**BRIEF:** Show me each line of the listing below where the word "first" appears.

**TASK INPUT:**

====================

// Why something is refused, and what every call gives back.
ghost use Rattle.std.specs.Prelude.{◌≡◌};
ghost use Rattle.term.specs.Refused.{refusal_number, verdict_in};

// A line each of the README's table of numbers, which says when.
#[derive(Clone, Copy, Debug, PartialEq, Eq)]
pub enum Refusal {
    CutShort,
    NoHead,
    WrongEdition,
    WrongKind,
    WrongBase,
    WrongTag,
    WrongLength,
    IllegalTerm,
    NotAName,
    IllegalAnnotation,
    LanesUnfit,
    NoRoom,
    TooLong,
    CountPastLanes,
    NotAbove,
    Misfit,
    WrongPart,
    WrongShape,
    WrongVariable,
    TooManyParts,
    NotBound,
    StandsOutside,
    StepsIllegal,
    LooksUsedUp,
    NotNTriples,
    NoNames,
    MissesLarger,
    WrongRuleSet,
    NoText,
}

impl Refusal {
    // The number in that table.
    pub fn number(self) -> u8
        ensures { result ≡ refusal_number self }
    {
        match self {
            Refusal::CutShort => 1,
            Refusal::NoHead => 2,
            Refusal::WrongEdition => 3,
            Refusal::WrongKind => 4,
            Refusal::WrongBase => 5,
            Refusal::WrongTag => 6,
            Refusal::WrongLength => 7,
            Refusal::IllegalTerm => 8,
            Refusal::NotAName => 9,
            Refusal::IllegalAnnotation => 10,
            Refusal::LanesUnfit => 11,
            Refusal::NoRoom => 12,
            Refusal::TooLong => 13,
            Refusal::CountPastLanes => 14,
            Refusal::NotAbove => 15,
            Refusal::Misfit => 16,
            Refusal::WrongPart => 17,
            Refusal::WrongShape => 18,
            Refusal::WrongVariable => 19,
            Refusal::TooManyParts => 20,
            Refusal::NotBound => 21,
            Refusal::StandsOutside => 22,
            Refusal::StepsIllegal => 23,
            Refusal::LooksUsedUp => 24,
            Refusal::NotNTriples => 26,
            Refusal::NoNames => 27,
            Refusal::MissesLarger => 28,
            Refusal::WrongRuleSet => 36,
            Refusal::NoText => 39,
        }
    }

    pub fn at(self, place: usize) -> Refused
        ensures { result ≡ record { why = self; place = place } }
    {
        Refused { why: self, place }
    }
}

// A refusal, and the place that its line names; 0 where it names none.
#[derive(Clone, Copy, Debug, PartialEq, Eq)]
pub struct Refused {
    pub why: Refusal,
    pub place: usize,
}

// "Place is 0 unless named."
impl From<Refusal> for Refused {
    ghost from_gives = { λ why r. r ≡ record { why = why; place = 0 } };

    fn from(why: Refusal) -> Refused {
        why.at(0)
    }
}

// What every call gives back: a number, 0 where it is done, and the place that the number names.
#[derive(Drop)]
pub struct Verdict {
    pub number: u8,
    pub place: usize,
}

impl From<Result<(), Refused>> for Verdict {
    ghost from_gives = { λ r v. v ≡ verdict_in r };

    fn from(judged: Result<(), Refused>) -> Verdict {
        match judged {
            Ok(()) => Verdict {
                number: 0,
                place: 0,
            },
            Err(e) => Verdict {
                number: e.why.number(),
                place: e.place,
            },
        }
    }
}
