// A term is a 16-bit number: its top two bits are its sort, the others its number.
// Refused here: 65,535, which marks "unbound" (8), and, as a predicate, whatever is no name (9).
#![tactic(auto)]

ghost use Rattle.std.specs.Prelude.{◌≡◌};
ghost use Rattle.term.specs.Term.{sort_of, number_of, term_checks, predicate_checks};
ghost use Rattle.term.specs.Refusal.{first};
ghost use Rattle.term.specs.Refused.{number_in};

mod refusal;

pub use refusal::{Refusal, Refused, Verdict};

// The names with a meaning in the rules.
pub const SP: u16 = 0;

pub const SC: u16 = 1;

pub const TYPE: u16 = 2;

pub const DOM: u16 = 3;

pub const RANGE: u16 = 4;

// Marks a variable that has no term; no legal term equals it.
pub const UNBOUND: u16 = 65535;

// The sorts; a value, of sort 3, is measured in milliamps.
pub const NAME: u16 = 0;

pub const BLANK: u16 = 1;

pub const LITERAL: u16 = 2;

pub const VALUE: u16 = 3;

// A term's number is its lower 14 bits.
const NUMBER_BITS: u16 = 14;

const NUMBER_MASK: u16 = 16383;

pub fn sort_of(term: u16) -> u16
    ensures { result ≡ sort_of term }
{
    term >> NUMBER_BITS
}

pub fn number_of(term: u16) -> u16
    ensures { result ≡ number_of term }
{
    term & NUMBER_MASK
}

// Whether a term is legal as subject or object.
pub fn check_term(term: u16) -> Result<(), Refusal>
    ensures { number_in result ≡ (first (term_checks term 0)).number }
{
    if term >= UNBOUND {
        return Err(Refusal::IllegalTerm);
    }
    Ok(())
}

// Whether a term is legal as predicate: a name.
pub fn check_predicate(term: u16) -> Result<(), Refusal>
    ensures { number_in result ≡ (first (predicate_checks term 0)).number }
{
    check_term(term)?;
    if sort_of(term) != NAME {
        return Err(Refusal::NotAName);
    }
    Ok(())
}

====================

**RESULT OF THE TASK:**
ghost use Rattle.term.specs.Refusal.{first};
    ensures { number_in result ≡ (first (term_checks term 0)).number }
    ensures { number_in result ≡ (first (predicate_checks term 0)).number }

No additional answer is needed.